I will make some progress, if I may, because I think I have indulged your patience for far too long, Ms McVey.
I am cautious about introducing this new test. I may not have persuaded everyone, but I have set out my reasons. We risk making the system overcomplicated. We would move away from the well-established mechanism under the Mental Capacity Act and into tiger country, with untried and untested systems that the courts have not considered, which will inevitably lead to challenge. There is no need to do that, because we already have robust mechanisms in place and doing so will merely lead to ambiguity and potential complications.
This is not me reaching this conclusion in isolation. Of course, there will always be voices on different sides of the debate, and we can frame the evidence we have heard to favour one set of arguments over another. However, I am significantly persuaded by the chief medical officer, given his wide experience as not just a clinician but a public policymaker. In his evidence to the Committee on 28 January, he said:
“It is not clear to me what problem people are trying to solve by doing that,”
—he means moving away from the Mental Capacity Act—
“given that the Mental Capacity Act clearly makes the point that the more severe the decision, the greater the degree of capacity that has to be assumed before people can actually take that decision.” ––[Official Report, Terminally Ill Adults (End of Life) Public Bill Committee, 28 January 2025; c. 37, Q14.]

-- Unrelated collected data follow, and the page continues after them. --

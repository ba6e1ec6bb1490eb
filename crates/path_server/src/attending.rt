//! The session of one peer of a server.

ghost use Rattle.std.specs.Prelude.{◌≡◌, false, [], is_some};
ghost use Rattle.server_front.specs.Roles.{takes_commands};
ghost use Rattle.path_server.specs.Attending.{IsHubServed, HandsInCommands, shares_room};
ghost use Rattle.path_server.specs.Verifying.{verdicts_of};

use crate::parting::end_early;
use crate::peer_socket::{Limits, PeerSocket};
use crate::reports::{Report, Reports};
use crate::server::Server;
use crate::task::Seat;
use hub_claims::{HubName, Waiter};
use hub_readers::{HubReader, Look};
use paced_stream::{
    AcceptedStream, Ended, ReadAhead, Sealed, StreamCalls, SystemStream, serve_connection,
};
use path_hub::{EndedSender, Hub, LoggedList, Sender};
use path_session::{HubService, SystemNow};
use sector_dev::Device;
use server_front::{Circumstances, Listener, Role, cause_of, turn_away};
use session_limits::Limited;
use status_server::Counted;
use std::net::SocketAddr;
use std::sync::Wait;
use std::sync::atomic::Ordering;
use std::time::Clock;

/// The most connections that are read and dropped at one time after the end of their sessions.
const MOST_DRAINS: u64 = 64;

impl<L: Listener + Drop, O: Reports> Server<'_, L, O> {
    /// Serves the peer of a seat, hands in the claims of the commands that were acknowledged, what
    /// was shown last and the sender, frees the seat, and closes the connection.
    pub(crate) fn attend_session<D: Device, N: HubName, R: Wait + Clock>(
        &self,
        hub: &Hub<D, N, R>,
        sender: Sender<N>,
        seat: Seat,
    ) {
        let rt = hub.handle();
        let Seat { role, number } = seat;
        let seats = self.seats_of(role);
        let Some(peer) = seats.peer(rt, number) else {
            seats.leave(rt, number);
            return;
        };
        let Ok(reader) = hub.reader() else {
            seats.leave(rt, number);
            turn_away(&peer.stream);
            return;
        };
        let ahead = ReadAhead::new(self.alloc);
        let Some((input, output)) = peer.stream.begin(&ahead) else {
            hub.give_back(reader);
            seats.leave(rt, number);
            return;
        };
        let limits = Limits {
            leave: self.options.leave,
            idle: self.options.idle,
        };
        let waiter = PeerSocket::new(rt, &peer.stream, &ahead, limits);
        let (ended, claims, look, sender) = self.serve(
            hub, reader, sender, role, waiter, input, output,
        );
        hub.keep_acknowledged(claims);
        hub.keep_look(look);
        hub.keep_sender(sender);
        seats.leave(rt, number);
        self.note_end(rt, &peer.stream, peer.address, &ended);
    }

    /// Serves a peer by a reader of the hub, as its role allows, and returns with the end the
    /// claims of all commands that were acknowledged, all commands after which the last lookup or
    /// list was answered, and the sender. By the sender, at most the command of each message is
    /// handed in, once and in their order, and none for a role that takes no commands.
    fn serve<D: Device, N: HubName, R: Wait + Clock, P: Waiter + Drop, T: StreamCalls + Drop>(
        &self,
        hub: &Hub<D, N, R>,
        reader: HubReader<N>,
        sender: Sender<N>,
        role: Role,
        peer: P,
        input: Sealed<T>,
        output: Sealed<T>,
    ) -> (Ended<T>, LoggedList<N>, Look<N>, EndedSender<N>)
        ensures served { IsHubServed self.now.options.now.kinds N.opening N.refused N.shut T.given T.taken T.is_at_end
            self.now.options.now.future (shares_room role (is_some self.now.rooms)) (takes_commands role)
            self.now.options.now.cores (verdicts_of self.now.options.now.key) (P.has_left peer)
            input result.0.input output result.0.output result.0.replies result.1 result.2 }
        ensures nothing { takes_commands role ≡ false → result.1 ≡ [] }
        ensures handed_in { HandsInCommands self.now.options.now.kinds T.given input result.0.input sender result.3.sender }
        ensures unsent { takes_commands role ≡ false → result.3.sender ≡ sender }
    {
        let rt = hub.handle();
        let clock = SystemNow::new(rt);
        let cores = &self.options.cores;
        let service = HubService::new(hub, reader, self.options, clock, cores, peer, sender);
        let limits = self.limits(role);
        let limited = Limited::new(service, SystemNow::new(rt), limits, rt);
        let mut counted = Counted::new(limited, &self.replies, rt);
        let kinds = self.options.kinds;
        let idle = self.options.idle;
        let ended = serve_connection(rt, self.alloc, input, output, &mut counted, kinds, idle);
        let service = counted.into_service().into_service();
        let (reader, acknowledged, look, sender) = service.into_parts();
        hub.give_back(reader);
        (ended, acknowledged, look, sender)
    }

    /// Counts the end of a session, reports it if it ended by a fault and a report is due, and
    /// drops what arrives of a connection whose input has not ended.
    fn note_end<R: Wait + Clock>(
        &self,
        rt: &R,
        stream: &AcceptedStream,
        peer: SocketAddr,
        ended: &Ended<SystemStream>,
    ) {
        let circumstances = Circumstances {
            is_late: ended.is_late,
            is_shut: self.shut.load(Ordering::SeqCst),
        };
        let cause = cause_of(ended.replies, circumstances);
        self.ends.count(cause);
        let Err(why) = ended.replies else {
            return;
        };
        if cause.is_fault() {
            if let Some(count) = self.faulted.count(rt) {
                self.reports.report(Report::Faulted {
                    count,
                    peer: Some(peer),
                    why,
                });
            }
        }
        self.drain(rt, stream);
    }

    /// Drops what arrives of a connection for a while, unless this is being done for as many
    /// connections as it may be.
    fn drain<R: Clock>(&self, rt: &R, stream: &AcceptedStream) {
        if self.drains.fetch_add(1, Ordering::SeqCst) < MOST_DRAINS {
            end_early(rt, stream);
        }
        self.drains.fetch_sub(1, Ordering::SeqCst);
    }
}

It is that foundation that we are building on, and it is central to how these things operate in practice.
Although I understand the position of the hon. Member for Richmond Park, and I have a degree of sympathy with those who support the amendments, I invite them to reflect, in the time we have left for this debate, on whether the amendments achieve their stated aim. Do they make the Bill better or do they make it more complicated and convoluted? I say that they make it more convoluted and that, despite the best of intentions, they should not be supported.
My hon. Friend the Member for Penistone and Stocksbridge knows I am an ally on many of these issues, but I will humbly disagree with her on some matters. I am not a lawyer or a doctor, but like many people here I speak from lived experience. I speak as the parent of a learning-disabled child, so I see the kinds of decisions that have to be made day to day, and the kinds of arguments and conversations that have to be had with people who presume that my child has more or less capacity than she has. Believe me, that is a constant, daily battle for me and my wife.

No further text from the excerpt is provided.